Intro to Infrastructure as Code

Learn the basics of infrastructure as code with Terraform, a scalable and efficient approach to provisioning and managing infrastructure, covering declarative and imperative methods, configuration files, and more.

Key takeaways
  • Terraform is infrastructure as code, provisioning and managing infrastructure in a repeatable process.
  • The primary advantage is it removes manual time-consuming efforts, increasing scalability.
  • Two main approaches: declarative and imperative, where one defines desired infrastructure, while the other defines a step-by-step plan.
  • Key to infrastructure as code is configuration files and providers like AWS or OpenTofu, and storing the state between local and remote systems.
  • Resources are managed with code, files, or network locations.
  • Ansible, on the other hand, handles configuration as a state that needs to be tracked and reverted.
  • For reapplying changes, apply is the tool, as well as providing a comparison plan before deploying.
  • OpenTofu provides a forked version, offering documentation and community involvement.

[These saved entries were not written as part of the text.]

//! Parameters that may stand for one object, where an effect then deletes and adds the same atom.

ghost use Rattle.lint_mistakes.specs.Equal as equal;
ghost use Rattle.lint_mistakes.specs.Values.{action_value, pair_value, vocabulary_value};
ghost use Rattle.sexpr_text.specs.Forest.{forest_of};
ghost use Rattle.std.specs.Option.{option_map};
ghost use Rattle.std.specs.Prelude.{◌≡◌, ◌++◌, IfOk, OnOk};

use crate::alike::{Pair, difference};
use crate::mistakes::{Mistake, MistakeKind};
use crate::rows::{after_first, first_parts, parts_after, sections_of};
use crate::vocabulary::Vocabulary;
use pddl_ast::TypeId;
use sexpr_text::{Form, Head, Span, View, begins_with, head_of};
use std::alloc::AllocError;

/// The effects in a domain with these forms that delete what another effect may undo.
pub(crate) fn equal_parameters(
    words: &Vocabulary<'_>,
    forms: &[Form],
) -> Result<Vec<Mistake>, AllocError>
    ensures { IfOk result (λ found. found.items
        ≡ equal.equal_parameters (vocabulary_value words.now) (forest_of forms.now)) }
{
    let sections = sections_of(forms, b"domain");
    let mut found = Vec::new(words.alloc);
    for form in sections {
        if let View::Group(_span, parts) = form.view() {
            add_in_section(words, parts, &mut found)?;
        }
    }
    Ok(found)
}

/// Adds those of a section of a domain with these parts, if it is an action.
fn add_in_section(
    words: &Vocabulary<'_>,
    parts: &[Form],
    found: &mut Vec<Mistake>,
) -> Result<(), AllocError>
    ensures { OnOk result (found.new.items ≡ found.old.items
        ++ equal.equal_in_section (vocabulary_value words.now) (forest_of parts.now)) }
{
    if !begins_with(parts, b":action") {
        return Ok(());
    }
    let action = ActionForms {
        words,
        parameters: parts_after(parts, b":parameters"),
        condition: parts_after(parts, b":precondition"),
    };
    action.add_in_effect(parts_after(parts, b":effect"), found)
}

/// Whether an effect deletes, or has a condition or variables of its own.
fn is_closed(parts: &[Form]) -> bool
    ensures { result ≡ equal.is_closed (forest_of parts.now) }
{
    begins_with(parts, b"not") || begins_with(parts, b"when") || begins_with(parts, b"forall")
}

/// What the words of both files mean, and the forms of an action's parameters and precondition.
#[derive(Clone, Copy)]
pub(crate) struct ActionForms<'a> {
    pub(crate) words: &'a Vocabulary<'a>,
    pub(crate) parameters: &'a [Form],
    pub(crate) condition: &'a [Form],
}

impl ActionForms<'_> {
    /// Adds the effects of a row, at any depth, that delete what another effect may undo.
    #[cycle(walking)]
    fn add_in_row(&self, row: &[Form], found: &mut Vec<Mistake>) -> Result<(), AllocError>
        ensures { OnOk result (found.new.items ≡ found.old.items
            ++ equal.equal_in_row (action_value self.now) (forest_of row.now)) }
    {
        for form in row {
            if let View::Group(_span, parts) = form.view() {
                self.add_in_effect(parts, found)?;
            }
        }
        Ok(())
    }

    /// Adds those in an effect with these parts.
    #[cycle(walking)]
    fn add_in_effect(&self, parts: &[Form], found: &mut Vec<Mistake>) -> Result<(), AllocError>
        ensures { OnOk result (found.new.items ≡ found.old.items
            ++ equal.equal_in_effect (action_value self.now) (forest_of parts.now)) }
    {
        let Head::Word(_span, _head, rest) = head_of(parts) else {
            return Ok(());
        };
        if is_closed(parts) {
            return Ok(());
        }
        self.add_joined(parts, found)?;
        self.add_in_row(rest, found)
    }

    /// Adds those among the effects that a list with these parts joins by `and`.
    fn add_joined(&self, parts: &[Form], found: &mut Vec<Mistake>) -> Result<(), AllocError>
        ensures { OnOk result (found.new.items ≡ found.old.items
            ++ equal.joined_mistakes (action_value self.now) (forest_of parts.now)) }
    {
        if !begins_with(parts, b"and") {
            return Ok(());
        }
        let row = after_first(parts);
        self.add_deletions(row, row, found)
    }

    /// Adds the effects that delete what the row may undo.
    fn add_deletions(
        &self,
        row: &[Form],
        effects: &[Form],
        found: &mut Vec<Mistake>,
    ) -> Result<(), AllocError>
        ensures { OnOk result (found.new.items ≡ found.old.items
            ++ equal.undone_deletions (action_value self.now) (forest_of row.now)
            (forest_of effects.now)) }
    {
        for form in effects {
            if let View::Group(span, parts) = form.view() {
                self.add_deletion(row, span, parts, found)?;
            }
        }
        Ok(())
    }

    /// Adds an effect with these parts, if it deletes and the row may undo that.
    fn add_deletion(
        &self,
        row: &[Form],
        span: Span,
        parts: &[Form],
        found: &mut Vec<Mistake>,
    ) -> Result<(), AllocError>
        ensures { OnOk result (found.new.items ≡ found.old.items
            ++ equal.undone_deletion (action_value self.now) (forest_of row.now) span
            (forest_of parts.now)) }
    {
        if !begins_with(parts, b"not") {
            return Ok(());
        }
        if let Some(pair) = self.undone_in(first_parts(after_first(parts)), row) {
            found.push(Mistake {
                span,
                kind: MistakeKind::MayBeEqual(pair.kept_span, pair.other_span),
            })?;
        }
        Ok(())
    }

    /// The pair by which an effect of the row, at any depth, undoes a deletion.
    fn undone_in<'b>(&self, deleted: &'b [Form], row: &'b [Form]) -> Option<Pair<'b>>
        ensures { option_map pair_value result
            ≡ equal.undone_in (action_value self.now) (forest_of deleted.now) (forest_of row.now) }
    {
        for form in row {
            if let View::Group(_span, parts) = form.view() {
                if let Some(pair) = self.undone_by(deleted, parts) {
                    return Some(pair);
                }
                if !is_closed(parts) {
                    if let Some(pair) = self.undone_in(deleted, parts) {
                        return Some(pair);
                    }
                }
            }
        }
        None
    }

    /// The pair by which an effect with these parts undoes a deletion.
    fn undone_by<'b>(&self, deleted: &'b [Form], added: &'b [Form]) -> Option<Pair<'b>>
        ensures { option_map pair_value result
            ≡ equal.undone_by (action_value self.now) (forest_of deleted.now)
            (forest_of added.now) }
    {
        let pair = difference(deleted, added)?;
        if self.is_undone(deleted, added, &pair) {
            Some(pair)
        } else {
            None
        }
    }

    /// Whether the atoms with these parts are one atom where the pair is one object, and the precondition
    /// allows that.
    fn is_undone(&self, deleted: &[Form], added: &[Form], pair: &Pair<'_>) -> bool
        ensures { result ≡ equal.is_undone (action_value self.now) (forest_of deleted.now)
            (forest_of added.now) (pair_value pair.now) }
    {
        pair.same_under(added, deleted)
            && self.may_be_one(pair)
            && pair.leaves_equal(self.condition)
    }

    /// Whether both words of the pair are parameters, and an object may be both.
    fn may_be_one(&self, pair: &Pair<'_>) -> bool
        ensures { result ≡ equal.may_be_one (action_value self.now) (pair_value pair.now) }
    {
        match self.words.declared_type(self.parameters, pair.kept) {
            Some(kept) => match self.words.declared_type(self.parameters, pair.other) {
                Some(other) => are_related(self.words, kept, other),
                None => false,
            },
            None => false,
        }
    }
}

/// Whether an object may be of both types.
fn are_related(words: &Vocabulary<'_>, kept: TypeId, other: TypeId) -> bool
    ensures { result ≡ equal.are_related (vocabulary_value words.now) kept other }
{
    words.is_kind_of(kept, other) || words.is_kind_of(other, kept)
}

  • For securing sensitive information, a secure protocol is not suggested in storing credentials directly within code.
  • AWS has extensive resource list of modules that provide support, with community-created and contributed tools.
  • When you update variables, it shows up as resources in plan for updating in the process, whereas creating a resource for local setup is different, displaying resource not found errors, whereas redeploying over remote, is not tracked directly in AWS.
  • Other approaches exist with Pulumi (support for JavaScript, Python) but that has varying support on what languages that support that level.
  • Also, it could go through another tool where infrastructure has configuration and management options (i.e., Terraform on remote setup.